Edwards in Our Time: Jonathan Edwards and the Shaping of American Religion.
Edited by Sang Hyun Lee and Allen C. Guelzo. William B. Eerdmans Publishing
Co., Grand Rapids, Mich. 1999. Soft-cover, xvi & 214 pp.
Jonathan Edwards (1708-58) is perhaps the foremost of America's evangelical theologians and philosophers. He is also regarded as the 18th century's most powerful exponent of experimental Calvinism. It has been said that Puritanism reached its fullest bloom in his life and ministry.
Edwards graduated from Yale in 1720. In 1724, he became pastor of the church at Northampton, Massachusetts, a colleague of his grandfather Samuel Stoddard until the latter's death in 1729. He succeeded his grandfather in the Northampton church. Under the influence of Edward's powerful preaching, the Great Awakening occurred in 1734-35 and a geographically more extensive revival in 1740-41. He became a close friend of George Whitefield (1714-1770), then itinerating in America. His congregation dismissed him after a controversy over the standards for admission to church membership.
He then ministered in frontier Stockbridge, Massachusetts, in congregations of whites and Indians. He died of inoculation for smallpox, only a few weeks after he began his work as president of the College of New Jersey.
In his busy schedule as pastor and revivalist, Edwards found time to compose works on theology and philosophy, which still challenge scholars today. He was a complete stranger to that separation of "heart" and "head" that has often plagued evangelicalism. His sermons were erudite, demonstrating his rigorous scholarly work he engaged in as a pastor who cared for the souls and minds of his flock. As recent as the 1990s some leaders of the Toronto Blessing movement, which attracted so much media attention because of its strange and even bizarre manifestations, claimed that Jonathan Edwards would have supported holy laughter, tears, groans, falling down, etc. But Walter V.L. Eversley definitively shows in his essay The Pastor as Revivalist that Edwards excoriated dependence on the unsanctified imagination, which leads to emotional excesses.

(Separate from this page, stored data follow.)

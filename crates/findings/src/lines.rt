// A line below the steps of rows: by it the search begins far ahead, and sees at once where there is
// too much work.
ghost use Rattle.std.specs.Prelude.{IsTrue, ℕ, ◌*◌, ◌≤◌, List, [], ◌∷◌, ◌++◌};
ghost use Rattle.rows.specs.declared.tasks.Row.{Row as TheRow};
ghost use Rattle.rows.specs.Times.{horizon};
ghost use Rattle.rows.specs.Counting.{is_on_frame};
ghost use Rattle.findings.specs.Lines.{LiesUnder, share_of};

use rows::Row;

// In windows up to this the search begins at their start: a few leaps more take less than a division
// for each row.
pub(crate) const SHORT: u32 = 4096;

// The parts height + slope × t of each instant t.
#[derive(Clone, Copy)]
pub(crate) struct Line {
    pub(crate) slope: u64,
    pub(crate) height: u64,
}

// The work of a row for each of its periods in the frame, or nothing on a frame so short that no
// search wants it.
fn share(frame: u32, row: &Row) -> u64
    ensures { result ≤ share_of frame row.now }
{
    if frame <= SHORT {
        return 0;
    }
    u64::from(row.work) * u64::from(frame / row.period)
}

impl Line {
    // The line below no row.
    pub(crate) fn new() -> Line
        ensures { (h : ℕ) → LiesUnder h [] result.slope result.height }
    {
        Line {
            slope: 0,
            height: 0,
        }
    }

    // The line below one row more.
    pub(crate) fn with_row(self, frame: u32, row: &Row) -> Line
        requires near { frame ≤ horizon }
        requires on { IsTrue (is_on_frame frame row.now) }
        requires slope { self.slope ≤ 31 * horizon }
        requires height { self.height ≤ 31 * (horizon * horizon) }
        ensures { (rows : List TheRow) → LiesUnder frame rows self.slope self.height
            → LiesUnder frame (rows ++ row.now ∷ []) result.slope result.height }
    {
        let share = share(frame, row);
        Line {
            slope: self.slope + share,
            height: self.height + share * u64::from(row.jitter),
        }
    }
}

The nine essays in this book originated as papers by "Edwarsean" scholars for the fourth American conference on Jonathan Edwards held in Philadelphia in 1996. They focus on Edwards as pastor, philosopher, and theologian. The learned essayists show that Edward's philosophy is able to stimulate reflection on topics relevant for our time. Historians, theologians, ethicists interested in Edwards will find the essays a good contribution to the exploration of this great man's thought and spiritual life. But students of Edwards should be careful and discriminating as they read Edwards in Our Time. Some of the essayists are chiefly interested in him as a great thinker, a great writer, a great ethicist, rather than in his stalwart orthodox faith and as the theologian of the First Great Awakening.